Havnt put them side by side yet going to put a few tanks through it first,feels more torquey and hold rpm in the cut well.


----------



## young (Jun 30, 2011)

Stihlman441 said:


> Havnt put them side by side yet going to put a few tanks through it first,feels more torquey and hold rpm in the cut well.


 
cant wait. start saving and have brad port mine hehe.


----------



## Stihlman441 (Jun 30, 2011)

wiskey_6 said:


> Stillman441,
> 
> Is that a tachometer I see attached to the handle with a wire going to the spark plug. If that is what is the brand and did you or Brad install it?


 
Yes it is a tach and hour meter,when you turn the saw off the highest rpm comes up and shows rpm as you run the saw,hours are displayed all the time when saw is off.The brand is Works Connection and got them from Seismic cycles .com.
They are a bit hard to get at the moment.I got them and installed them myself.


----------



## Stihlman441 (Jun 30, 2011)

Rudolf73 said:


> Sweet noodling saw Andrew!! Seems to be cutting really well... how much cutting did you do with the 4 tanks of fuel - 2hours? I hear the modded 660's can be quite thirsty.


 
Have used 4 tanks and its got 1.6 hrs.
Ya a lot of people say that the modded saws use a lot more fuel,i will compare to my stocky soon and then my stocky is going to Matts for a BB kit,then i will do more vids and compare them all again.
Will have my ozzy stocky dual port(which i think is a extra good one)Mooded one,BB kit one and a mate has got a ozzy dual port 660 stock,a 660 US stock and a 066 ozzy dual port stock.Hope to compare all of them in cut times,fuel use etc.


----------



## masculator (Jun 30, 2011)

Stihlman441 said:


> Have used 4 tanks and its got 1.6 hrs.
> Ya a lot of people say that the modded saws use a lot more fuel,i will compare to my stocky soon and then my stocky is going to Matts for a BB kit,then i will do more vids and compare them all again.
> Will have my ozzy stocky dual port(which i think is a extra good one)Mooded one,BB kit one and a mate has got a ozzy dual port 660 stock,a 660 US stock and a 066 ozzy dual port stock.Hope to compare all of them in cut times,fuel use etc.
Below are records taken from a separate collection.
// Looking up where a device's contributions go in the matrix (`Pattern::cell` of mna.rs for `jac_pairs` and the charge
// branches of mosfet1.rs). Nodes and places are held as numbers; two numbers behind the end of every slice stand for ground's
// and for a cell that is not in the pattern.
#![tactic(auto)]

ghost use Rattle.std.specs.Prelude.{◌≡◌, cond};
ghost use Rattle.pattern.specs.Pattern.{lists};
ghost use Rattle.stamps.specs.Stamps.{jac_pairs_of};
ghost use Rattle.places.specs.Places.{index_of, nodes_of, terminals_at, SpanIn, IsRow, span_number, numbers_of, gate_places_of, four_there, none_missing, branches_there, any_gate};
ghost use Rattle.places.specs.LookedUp.{cells_of, looked_up};

use device::{NodeId, Terminals};
use pattern::{RowSpan, WellFormed};
use stamps::ChargeBranches;

// The six nodes, each by its index; ground is the number of a skipped place.
#[derive(Clone, Copy)]
pub struct Nodes {
    pub drain_ext: usize,
    pub source_ext: usize,
    pub drain: usize,
    pub gate: usize,
    pub source: usize,
    pub bulk: usize,
}

// The places of the five cells that only the gate's branches have.
#[derive(Clone, Copy)]
pub struct GatePlaces {
    pub gg: usize,
    pub gs: usize,
    pub gd: usize,
    pub gb: usize,
    pub bg: usize,
}

// The places of the 24 Jacobian values' cells, and of the gate's.
#[derive(Clone, Copy)]
pub struct Cells {
    pub places: [usize; 24],
    pub gate: GatePlaces,
}

// A row in which lookups are made: its node's number, and its part of the columns; ground's is empty.
#[derive(Clone, Copy)]
struct Row<'a> {
    columns: &'a [u32],
    node: usize,
    span: RowSpan,
    ghost inside: { SpanIn columns.now node span.from span.len },
}

// Places behind the end of every slice: of a position of ground, and of a cell that is not in the pattern. C holds them so
// (include/mivtolgya.h), and a load adds at a place with one test for both.
pub const SKIPPED: usize = 18446744073709551615;

pub const MISSING: usize = 18446744073709551614;

#[tactic(auto, unfolding(crate::specs::Places::index_of))]
fn index(node: NodeId) -> usize
    ensures { result ≡ index_of node }
{
    match node {
        NodeId::Ground => SKIPPED,
        NodeId::At(i) => i,
    }
}

#[tactic(auto, unfolding(crate::specs::Places::nodes_of))]
pub fn indices(t: Terminals) -> Nodes
    ensures { result ≡ nodes_of t }
{
    Nodes {
        drain_ext: index(t.drain_ext),
        source_ext: index(t.source_ext),
        drain: index(t.drain),
        gate: index(t.gate),
        source: index(t.source),
        bulk: index(t.bulk),
    }
}

// A node's row in a pattern.
fn row_of(pattern: WellFormed<'_>, node: usize) -> Row<'_>
    ensures { IsRow (lists pattern.entry.pattern) node result.columns.now result.node result.span }
{
    let span = pattern.row_span(node);
    Row {
        columns: pattern.pattern.columns,
        node,
        span,
    }
}

impl Row<'_> {
    // The place of a cell that was not guessed.
    fn searched(self, column: usize) -> usize
        ensures { result ≡ span_number self.entry.columns.now self.entry.node self.entry.span.from self.entry.span.len column }
    {
        if self.node == SKIPPED {
            return SKIPPED;
        }
        if column == SKIPPED {
            return SKIPPED;
        }
        let from = self.span.from;
        match pattern::search(self.columns, from, from + self.span.len, column) {
            Some(p) => p,
            None => MISSING,
        }
    }

    // The place of a cell. A guess that names a place leaves nothing to test: ground has no place to be guessed.
    fn place(self, column: usize) -> usize
        ensures { result ≡ span_number self.entry.columns.now self.entry.node self.entry.span.from self.entry.span.len column }
    {
        let columns = self.columns;
        let RowSpan { from, len, first } = self.span;
        match pattern::guess(columns, from, len, first, column) {
            Some(p) => p,
            None => self.searched(column),
        }
    }

    // A place that is known where two nodes are the same.
    fn place_unless(self, same: bool, known: usize, column: usize) -> usize
        ensures { result ≡ cond same known (span_number self.entry.columns.now self.entry.node self.entry.span.from self.entry.span.len column) }
    {
        if same { known } else { self.place(column) }
    }
}

// The places of the 24 Jacobian values' cells (`jac_pairs`); each different cell is looked up once, and where a terminal has
// no series resistance its outer node is the inner one.
fn jacobian_places(pattern: WellFormed<'_>, n: Nodes) -> [usize; 24]
    ensures { result ≡ numbers_of (lists pattern.entry.pattern) (jac_pairs_of (terminals_at n)) }
{
    let d = n.drain;
    let g = n.gate;
    let s = n.source;
    let b = n.bulk;
    let dx = n.drain_ext;
    let sx = n.source_ext;
    let d_row = row_of(pattern, d);
    let d_g = d_row.place(g);
    let d_d = d_row.place(d);
    let d_s = d_row.place(s);
    let d_b = d_row.place(b);
    let s_row = row_of(pattern, s);
    let s_g = s_row.place(g);
    let s_d = s_row.place(d);
    let s_s = s_row.place(s);
    let s_b = s_row.place(b);
    let b_row = row_of(pattern, b);
    let b_b = b_row.place(b);
    let b_s = b_row.place(s);
    let b_d = b_row.place(d);
    let dx_row = row_of(pattern, dx);
    let dx_dx = dx_row.place_unless(dx == d, d_d, dx);
    let dx_d = dx_row.place_unless(dx == d, d_d, d);
    let d_dx = d_row.place_unless(dx == d, d_d, dx);
    let sx_row = row_of(pattern, sx);
    let sx_sx = sx_row.place_unless(sx == s, s_s, sx);
    let sx_s = sx_row.place_unless(sx == s, s_s, s);
    let s_sx = s_row.place_unless(sx == s, s_s, sx);
    [
        d_g, d_d, d_s, d_b, s_g, s_d, s_s, s_b, dx_dx, dx_d, d_dx, d_d, sx_sx, sx_s, s_sx, s_s,
        b_b, b_s, s_b, s_s, b_b, b_d, d_b, d_d,
    ]
}

// The five cells that only the gate's branches have, looked up where one of those is loaded.
fn gate_places(pattern: WellFormed<'_>, n: Nodes, any: bool) -> GatePlaces
    ensures { result ≡ gate_places_of (lists pattern.entry.pattern) (terminals_at n) any }
{
    if !any {
        return GatePlaces {
            gg: SKIPPED,
            gs: SKIPPED,
            gd: SKIPPED,
            gb: SKIPPED,
            bg: SKIPPED,
        };
    }
    let d = n.drain;
    let g = n.gate;
    let s = n.source;
    let b = n.bulk;
    let g_row = row_of(pattern, g);
    let b_row = row_of(pattern, b);
    let gg = g_row.place(g);
    let gs = g_row.place(s);
    let gd = g_row.place(d);
    let gb = g_row.place(b);
    let bg = b_row.place(g);
    GatePlaces { gg, gs, gd, gb, bg }
}

pub fn none_missing(places: &[usize]) -> bool
    ensures { result ≡ none_missing places.now }
{
    places.iter().all(|p| *p != MISSING)
}

#[tactic(auto, unfolding(crate::specs::Places::four_there))]
fn four_there(loaded: bool, aa: usize, ab: usize, bb: usize, ba: usize) -> bool
    ensures { result ≡ four_there loaded aa ab bb ba }
{
    !loaded || none_missing(&[aa, ab, bb, ba])
}

// Whether each loaded branch's four cells are in the pattern. The places p are those of the 24 values.
#[tactic(auto, unfolding(crate::specs::Places::branches_there))]
fn branches_there(p: &[usize; 24], q: GatePlaces, b: ChargeBranches) -> bool
    ensures { result ≡ branches_there p.now q b }
{
    four_there(b.gs.conducts, q.gg, q.gs, p[6], p[4])
        && four_there(b.gd.conducts, q.gg, q.gd, p[1], p[0])
        && four_there(b.gb.conducts, q.gg, q.gb, p[16], q.bg)
        && four_there(b.bs.conducts, p[16], p[17], p[6], p[7])
        && four_there(b.bd.conducts, p[16], p[21], p[1], p[3])
}

#[tactic(auto, unfolding(crate::specs::Places::any_gate))]
fn any_gate(b: ChargeBranches) -> bool
    ensures { result ≡ any_gate b }
{
    b.gs.conducts || b.gd.conducts || b.gb.conducts
}

// Looks up every needed cell; one that is not in the pattern is marked as missing.
#[tactic(auto, unfolding(crate::specs::LookedUp::cells_of))]
pub fn all_cells(pattern: WellFormed<'_>, n: Nodes, b: ChargeBranches) -> Cells
    ensures { result ≡ cells_of (lists pattern.entry.pattern) (terminals_at n) b }
{
    Cells {
        places: jacobian_places(pattern, n),
        gate: gate_places(pattern, n, any_gate(b)),
    }
}

// The same, but none where one of them is not in the pattern.
#[tactic(auto, unfolding(crate::specs::LookedUp::looked_up))]
pub fn look_up(pattern: WellFormed<'_>, n: Nodes, b: ChargeBranches) -> Option<Cells>
    ensures { result ≡ looked_up (lists pattern.entry.pattern) (terminals_at n) b }
{
    let cells = all_cells(pattern, n, b);
    if none_missing(&cells.places) && branches_there(&cells.places, cells.gate, b) {
        Some(cells)
    } else {
        None
    }
}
It is always hard to tell from videos just how they are performing compared to your own but it looks like it goes well. the chip spray and sound are not too dissimilar to what I get with my ozzy dual port, but it would be interesting to see it hand in hand both with the same chains and such side by side. Like you I think my ozzy one is an extra good one. When i bought mine with a 36 inch bar the dealer said it wouldn't pull it, I proved him wrong and cutting with the 42 inch last weekend I could lock the dogs in and lever to my hearts content without bogging it.

Nice I love the 660's


----------



## Stihlman441 (Jun 30, 2011)

One thing a found out about the US 660s is the alloy bent up chain catcher is useless all the noodles get stuck in it so it came off pretty quick.I have orded a roller one a couple of HD2 filters from my dealer.


----------



## masculator (Jun 30, 2011)

Stihlman441 said:


> One thing a found out about the US 660s is the alloy bent up chain catcher is useless all the noodles get stuck in it so it came off pretty quick.I have orded a roller one a couple of HD2 filters from my dealer.
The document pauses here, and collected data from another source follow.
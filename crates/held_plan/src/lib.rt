// The plan of a sheet that tables hold: its legs are indexed by their end, the cost table is searched, every site is marked, and the best plan is laid
// out and written.
#![tactic(auto)]

ghost use Rattle.std.specs.Prelude.{◌≡◌, length, replicate};
ghost use Rattle.limits.specs.Limits.{no_cost};
ghost use Rattle.lists.specs.Over.{over};
ghost use Rattle.answer.specs.Stated.{stated};
ghost use Rattle.lent_tables.specs.IndexTables.{index_tables};
ghost use Rattle.loaded_sheet.specs.Held.{tables_of, graph_of};
ghost use Rattle.cost_table.specs.Cells.{cost_table};
ghost use Rattle.lent_tables.specs.Lengths.{search_lengths};
ghost use Rattle.network.specs.HeldSheet.{HeldSheet};
ghost use Rattle.network.specs.Indexed.{indexed};
ghost use Rattle.best_plan.specs.Plan.{plan_of};
ghost use Rattle.best_plan.specs.laws.Best.{SentBack};

use answer::Answer;
use best_plan::best_plan;
use indexed_search::search_indexed;
use limits::{Cost, Counts};
use loaded_sheet::LoadedSheet;

// The plan of a loaded sheet: the index, the cost table, the marks, and the plan.
pub fn plan_held(
    sheet: LoadedSheet,
    by_end: &mut [u16],
    places: &mut [u16],
    cells: &mut [Cost],
    marks: &mut [u8],
    buffer: &mut [u8],
) -> Answer
    requires { HeldSheet sheet.counts.n sheet.counts.k sheet.counts.arcs (tables_of sheet)
        (search_lengths (length by_end.old) (length places.old) (length cells.old) (length marks.old)) }
    ensures { let G = graph_of sheet.entry in
        ((index_tables by_end.new places.new ≡ indexed G (index_tables by_end.old places.old))
        × ((cells.new ≡ over (cost_table G no_cost) cells.old)
        × ((marks.new ≡ over (replicate sheet.entry.counts.n 1) marks.old)
        × SentBack (plan_of G) (stated result) buffer.old buffer.new))) }
{
    let Counts { n, k, arcs } = sheet.counts;
    search_indexed(
        sheet.starts,
        sheet.ends,
        sheet.weights,
        sheet.landings,
        by_end,
        places,
        n,
        k,
        arcs,
        cells,
        marks,
    );
    best_plan(sheet, cells, buffer)
}
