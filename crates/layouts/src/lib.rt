// Layouts: what kinds of lookup there are, and what writing one answers. The definitions of a lookup's bytes are in specs/.
#![tactic(auto)]

ghost use Rattle.std.specs.Prelude.{◌≡◌};
ghost use Rattle.layouts.specs.Written.{length_said};

use refusals::Refusal;

// Whether a lookup is single, or ligature with its component number.
#[derive(Clone, Copy, Debug, PartialEq, Eq)]
pub enum Kind {
    Single,
    Ligature(u8),
}

// What a writer answers: how many bytes it wrote.
pub type Written = Result<usize, Refusal>;

// The length of the lookup: a refused call has written none.
pub fn length(written: Written) -> usize
    ensures { result ≡ length_said written }
{
    written.unwrap_or(0)
}
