// The contact list: one lent list of bytes that stands in the place of rigflow's database. It is checked whole before anything else is
// done with it; what it is known by is its mark, the count and the largest id.
#![tactic(auto)]

ghost use Rattle.std.specs.Prelude.{◌≡◌, ◌+◌, ◌*◌, ◌^◌, ◌≤◌, ◌<◌, length};
ghost use Rattle.contacts.specs.Contacts.{plain, is_date, is_time, sound_head, sound_texts};
ghost use Rattle.contacts.specs.Lists.{number_at, text_at, after, end_at, id_at, good_at, entries_from, count_of, listed_as, fresh_against, Few};

use decimal::all_digits;
use refusals::{LONGEST, Refusal};

// What a list is known by: how many contacts, and the largest id.
#[derive(Clone, Copy, PartialEq, Eq)]
pub struct Mark {
    pub contacts: usize,
    pub largest: u64,
}

#[derive(Clone, Copy)]
pub enum Freshness {
    Fresh,
    Stale,
}

// The version of lists that is known, and where the entries begin.
pub const VERSION: u8 = 1;

pub const ENTRIES: usize = 5;

// How many digits a date has, and a time of day without and with its seconds.
const DATE: usize = 8;

const SHORT_TIME: usize = 4;

const LONG_TIME: usize = 6;

const HALF_OF_ID: u64 = 4_294_967_296;

const LARGEST_ID: u64 = 9_223_372_036_854_775_807;

const EVERY_SERVICE: u8 = 15;

// UTF-8 that a length byte can count.
fn is_plain(t: &[u8]) -> bool
    ensures { result ≡ plain t.now }
{
    t.len() <= 255 && text::utf8::is_utf8(t)
}

pub fn is_date(d: &[u8]) -> bool
    ensures { result ≡ is_date d.now }
{
    d.len() == DATE && all_digits(d)
}

pub fn is_time(t: &[u8]) -> bool
    ensures { result ≡ is_time t.now }
{
    (t.len() == SHORT_TIME || t.len() == LONG_TIME) && all_digits(t)
}

// An id from 1 on, and no unknown service.
pub fn is_sound_head(id: u64, services: u8) -> bool
    ensures { result ≡ sound_head id services }
{
    1 <= id && id <= LARGEST_ID && services <= EVERY_SERVICE
}

// Kept: `text::all`, since a chain of five with `&&` has its proof by each branch.
#[inline(always)]
pub fn is_sound_texts(call: &[u8], date: &[u8], time: &[u8], band: &[u8], mode: &[u8]) -> bool
    ensures { result ≡ sound_texts call.now date.now time.now band.now mode.now }
{
    text::all(
        is_plain(call),
        text::all(
            is_date(date),
            text::all(is_time(time), text::all(is_plain(band), is_plain(mode))),
        ),
    )
}

// The number of the k bytes from `at` on.
fn number_at(s: &[u8], at: usize, k: usize) -> u64
    requires { (at ≤ 16780000) × (k ≤ 8) }
    ensures value { result ≡ number_at s.now at k }
    ensures upper_bound { result < 256 ^ k }
{
    let mut n = 0;
    for i in 0..k {
        n = n * 256 + text::byte(s, at + i) as u64;
    }
    n
}

// Of a whole entry one test serves all eight bytes; each half of them is read as one word.
pub fn id_at(s: &[u8], at: usize) -> u64
    requires { at ≤ 16777216 }
    ensures { result ≡ id_at s.now at }
{
    let from = at + 2;
    let to = at + 10;
    if s.len() < to {
        return number_at(s, from, 8);
    }
    let middle = at + 6;
    number_at(&s[from..middle], 0, 4) * HALF_OF_ID + number_at(&s[middle..to], 0, 4)
}

// The text whose length byte is at p.
pub fn text_at(s: &[u8], p: usize) -> &[u8]
    ensures { result.now ≡ text_at s.now p }
{
    if s.len() <= p {
        return &s[..0];
    }
    let n = s[p] as usize;
    let from = p + 1;
    if s.len() - from <= n {
        return &s[from..];
    }
    let to = from + n;
    &s[from..to]
}

// The place after that text.
pub fn after_text(s: &[u8], p: usize) -> usize
    requires { p ≤ 16780000 }
    ensures value { result ≡ after s.now p }
    ensures upper_bound { result ≤ p + 256 }
{
    p + 1 + text::byte(s, p) as usize
}

// Where the entry at `at` ends.
pub fn end_at(s: &[u8], at: usize) -> usize
    requires { at ≤ 16777216 }
    ensures value { result ≡ end_at s.now at }
    ensures upper_bound { result ≤ at + 1291 }
{
    let date = after_text(s, at + 11);
    let time = after_text(s, date);
    let band = after_text(s, time);
    let mode = after_text(s, band);
    after_text(s, mode)
}

// The texts from the call's on.
fn are_texts_sound(s: &[u8], call: usize) -> bool
    requires { call ≤ 16778000 }
    ensures { result ≡ sound_texts (text_at s.now call) (text_at s.now (after s.now call)) (text_at s.now (after s.now (after s.now call))) (text_at s.now (after s.now (after s.now (after s.now call)))) (text_at s.now (after s.now (after s.now (after s.now (after s.now call))))) }
{
    let date = after_text(s, call);
    let time = after_text(s, date);
    let band = after_text(s, time);
    let mode = after_text(s, band);
    is_sound_texts(
        text_at(s, call),
        text_at(s, date),
        text_at(s, time),
        text_at(s, band),
        text_at(s, mode),
    )
}

// The lengths of the entry come out exactly, and its contact is sound.
fn is_good(s: &[u8], at: usize) -> bool
    requires { at ≤ 16777216 }
    ensures { result ≡ good_at s.now at }
{
    let end = end_at(s, at);
    if s.len() < end {
        return false;
    }
    if at + 2 + number_at(s, at, 2) as usize != end {
        return false;
    }
    if !is_sound_head(id_at(s, at), text::byte(s, at + 10)) {
        return false;
    }
    are_texts_sound(s, at + 11)
}

fn check_entries(s: &[u8], count: usize) -> Result<Mark, Refusal>
    requires { (5 ≤ length s.now) × (length s.now ≤ 16777216) × (count < 4294967296) }
    ensures value { result ≡ entries_from s.now count count 5 0 }
    ensures few { Few result }
{
    let mut at = ENTRIES;
    let mut last: u64 = 0;
    for k in 0..count {
        if !is_good(s, at) {
            return Err(Refusal::MalformedList);
        }
        let id = id_at(s, at);
        if id <= last {
            return Err(Refusal::IdsNotRising);
        }
        at = end_at(s, at);
        last = id;
    }
    if at != s.len() {
        return Err(Refusal::MalformedList);
    }
    Ok(Mark {
        contacts: count,
        largest: last,
    })
}

// How many contacts a list says it has.
pub fn count_of(list: &[u8]) -> usize
    ensures value { result ≡ count_of list.now }
    ensures upper_bound { result < 4294967296 }
{
    number_at(list, 1, 4) as usize
}

// The list's mark, or why it is no list.
pub fn check(list: &[u8]) -> Result<Mark, Refusal>
    ensures value { result ≡ listed_as list.now }
    ensures few { Few result }
{
    if LONGEST < list.len() {
        return Err(Refusal::TooLong);
    }
    if list.is_empty() {
        return Err(Refusal::MalformedList);
    }
    if list[0] != VERSION {
        return Err(Refusal::OtherVersion);
    }
    if list.len() < ENTRIES {
        return Err(Refusal::MalformedList);
    }
    check_entries(list, count_of(list))
}

// Whether a plan with this mark still holds against a list, which is checked first.
pub fn is_fresh(contacts: usize, largest: u64, list: &[u8]) -> Result<Freshness, Refusal>
    ensures { result ≡ fresh_against contacts largest list.now }
{
    let was = Mark { contacts, largest };
    if was != check(list)? {
        return Ok(Freshness::Stale);
    }
    Ok(Freshness::Fresh)
}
what sort of wait time did they give you on the filters?


----------



## Stihlman441 (Jun 30, 2011)

masculator said:


> what sort of wait time did they give you on the filters?


 
I spoke to Stihl Australia on Monday and they said there is a 100 due in at the end of this month,well woopy they wont last long,my dealer didnt even know the part number so i had to give it to him to order them.I wont be counting on them soon.I may have another very large redgum to mill this time so i hope there are on the way.


----------



## masculator (Jun 30, 2011)

Stihlman441 said:


> I spoke to Stihl Australia on Monday and they said there is a 100 due in at the end of this month,well woopy they wont last long,my dealer didnt even know the part number so i had to give it to him to order them.I wont be counting on them soon.I may have another very large redgum to mill this time so i hope there are on the way.



they order 100 now next order they will need to order 1000. the standard filter is just shyte, even that mahogany I been cutting goes straight through it. the felt prefilter might as well not even be there cause it does jack!


----------



## Stihlman441 (Jun 30, 2011)

Yes to all the above.:msp_mad:


----------



## young (Jun 30, 2011)

Stihlman441 said:


> One thing a found out about the US 660s is the alloy bent up chain catcher is useless all the noodles get stuck in it so it came off pretty quick.I have orded a roller one a couple of HD2 filters from my dealer.


 
dont forget to get the bumper strip that takes place of the aluminium catcher. p# 1122 640 8300


----------



## Stihlman441 (Jul 1, 2011)

Do we really nead the bumper strip or is it a nice to have,my 460 and other 660 havnt got them,have ya got a pic.


----------



## young (Jul 1, 2011)

Stihlman441 said:


> Do we really nead the bumper strip or is it a nice to have,my 460 and other 660 havnt got them,have ya got a pic.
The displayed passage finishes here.